■ **Instructions for the task**: Starting with the first line of the data that follows, transcribe every line verbatim until the line containing "place that is" has been transcribed.

%%

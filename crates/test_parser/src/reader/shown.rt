//! What a reader of scalars tells of the text that it is at, as a line. Few functions then hold what is
//! read, which is dear to prove where it is dropped, and a test is a table of texts and lines. What calls a reader is
//! generic over its input, and is called for a text in one place, since each call at a type is dear.
//!
//! A line has what was read, `@` and the places that belong to it, and but for a block scalar `>` and the place that is
//! reached, with `blank` where only blanks come before that on its line. Or it has `!`, a fault, and its place. A
//! place is an index, a line and a column.
//!
//! A row of a table is one text, since a table is dearer to prove the more fields its rows have: the first column
//! right of the enclosing block collection, a space, the text that is read, ` => `, and the line.
//!
//! Where memory is lacking a piece of the line is missing, so that it is not the one that a test wants.

use crate::helpers::expect;
use saphyr_input::StrInput;
use saphyr_input::input::{Input, SkipTabs};
use saphyr_scalar::values::{BlockStyle, Quote};
use saphyr_scalar::{
    BlockScalar, Directive, DirectiveLine, Marker, PlainEnd, Reader, Refusal, Stop,
};
use std::alloc::Global;
use std::process::Abort;

fn push_parts(line: &mut String, directive: &Directive) {
    let _ = match directive {
        Directive::Version(major, minor) => write!(line, "YAML {major}.{minor}"),
        Directive::TagPrefix(handle, prefix) => write!(line, "TAG {handle} {prefix}"),
        Directive::Reserved(name) => line.push_str(name.as_str()),
    };
}

/// Adds a text.
pub(crate) fn push(line: &mut String, text: &str) {
    let _ = line.push_str(text);
}

/// Adds a place after a sign.
pub(crate) fn push_place(line: &mut String, sign: &str, place: Marker) {
    let _ = write!(line, "{sign}{},{},{}", place.index, place.line, place.col);
}

fn push_refusal(line: &mut String, refusal: Refusal) {
    let _ = write!(line, "! {:?}", refusal.text);
    push_place(line, " @ ", refusal.mark);
}

/// Adds a fault and its place. Nothing was read.
pub(crate) fn push_stop(line: &mut String, stop: Stop) -> bool {
    match stop {
        Stop::Refused(refusal) => push_refusal(line, refusal),
        Stop::OutOfMemory => push(line, "out of memory"),
    }
    false
}

// Adds what is told of a quoted scalar, or of the name of an anchor or an alias. Returns whether it is told where the
// reader is after that.
fn push_text(line: &mut String, text: &str, read: Result<(), Stop>) -> bool {
    match read {
        Ok(()) => {
            push(line, text);
            true
        }
        Err(stop) => push_stop(line, stop),
    }
}

fn push_tag(line: &mut String, text: &str, read: Result<usize, Stop>) -> bool {
    match read {
        Ok(handle) => {
            push(line, text.get(..handle).unwrap_or("?"));
            push(line, "|");
            push(line, text.get(handle..).unwrap_or("?"));
            true
        }
        Err(stop) => push_stop(line, stop),
    }
}

fn push_plain(line: &mut String, text: &str, read: Result<PlainEnd, Stop>) -> bool {
    match read {
        Ok(plain) => {
            push(line, text);
            push_place(line, " @ ", plain.end);
            if let Some(comment) = plain.comment {
                push_place(line, " # ", comment);
            }
            true
        }
        Err(stop) => push_stop(line, stop),
    }
}

fn push_block(line: &mut String, read: Result<BlockScalar, Stop>) -> bool {
    match read {
        Ok(block) => {
            push(line, block.text.as_str());
            push_place(line, " @ ", block.span.start);
            push_place(line, " ", block.span.end);
            false
        }
        Err(stop) => push_stop(line, stop),
    }
}

fn push_directive(line: &mut String, read: Result<DirectiveLine, Stop>) -> bool {
    match read {
        Ok(found) => {
            push_parts(line, &found.directive);
            push_place(line, " @ ", found.end);
            true
        }
        Err(stop) => push_stop(line, stop),
    }
}

// Adds what is told of what a reader is at, by the character that it begins with. Returns whether it is told where
// the reader is after that.
fn push_found<T: Input>(
    line: &mut String,
    alloc: Global,
    reader: &mut Reader<T>,
    in_flow: bool,
    indent: usize,
) -> bool {
    let mut text = String::new(alloc);
    match reader.look() {
        '!' => {
            let read = reader.read_tag_onto(in_flow, &mut text);
            push_tag(line, text.as_str(), read)
        }
        '&' | '*' => {
            let read = reader.read_anchor_onto(&mut text);
            push_text(line, text.as_str(), read)
        }
        '%' => push_directive(line, reader.read_directive(alloc)),
        '"' => {
            let read = reader.read_quoted_onto(Quote::Double, indent, &mut text);
            push_text(line, text.as_str(), read)
        }
        '\'' => {
            let read = reader.read_quoted_onto(Quote::Single, indent, &mut text);
            push_text(line, text.as_str(), read)
        }
        '|' => push_block(
            line,
            reader.read_block_scalar(alloc, BlockStyle::Literal, indent),
        ),
        '>' => push_block(
            line,
            reader.read_block_scalar(alloc, BlockStyle::Folded, indent),
        ),
        _ => {
            let read = reader.read_plain_onto(in_flow, indent, &mut text);
            push_plain(line, text.as_str(), read)
        }
    }
}

// Adds what is told of a text, after the blanks with which it begins.
fn push_shown<T: Input + Drop>(
    line: &mut String,
    alloc: Global,
    input: T,
    in_flow: bool,
    indent: usize,
) {
    let mut reader = Reader::new(input);
    let _ = reader.skip_ws_to_eol(SkipTabs::Yes);
    if push_found(line, alloc, &mut reader, in_flow, indent) {
        push_place(line, " > ", reader.mark());
        push(line, if reader.blank_so_far() { " blank" } else { "" });
    }
}

// A row: the first column right of the enclosing block collection, a text, and the line that is told of it.
fn parts_of(row: &str) -> Option<(usize, &str, &str)> {
    let (indent, row) = row.split_once(" ")?;
    let (text, line) = row.split_once(" => ")?;
    let indent = indent.parse::<usize>().ok()?;
    Some((indent, text, line))
}

fn is_shown(alloc: Global, in_flow: bool, row: &str) -> bool {
    let Some((indent, text, wanted)) = parts_of(row) else {
        return false;
    };
    let mut line = String::new(alloc);
    push_shown(&mut line, alloc, StrInput::new(text), in_flow, indent);
    line.as_str() == wanted
}

/// Stops the test where another line is told than a row has, inside flow or outside.
pub(crate) fn expect_shown(rt: &impl Abort, alloc: Global, in_flow: bool, rows: &[&str]) {
    for &row in rows {
        expect(rt, is_shown(alloc, in_flow, row), row);
    }
}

%%

■ **Answer to the exercise**:
filename crates/test_parser/src/reader/shown.rt
//! What a reader of scalars tells of the text that it is at, as a line. Few functions then hold what is
//! read, which is dear to prove where it is dropped, and a test is a table of texts and lines. What calls a reader is
//! generic over its input, and is called for a text in one place, since each call at a type is dear.
//!
//! A line has what was read, `@` and the places that belong to it, and but for a block scalar `>` and the place that is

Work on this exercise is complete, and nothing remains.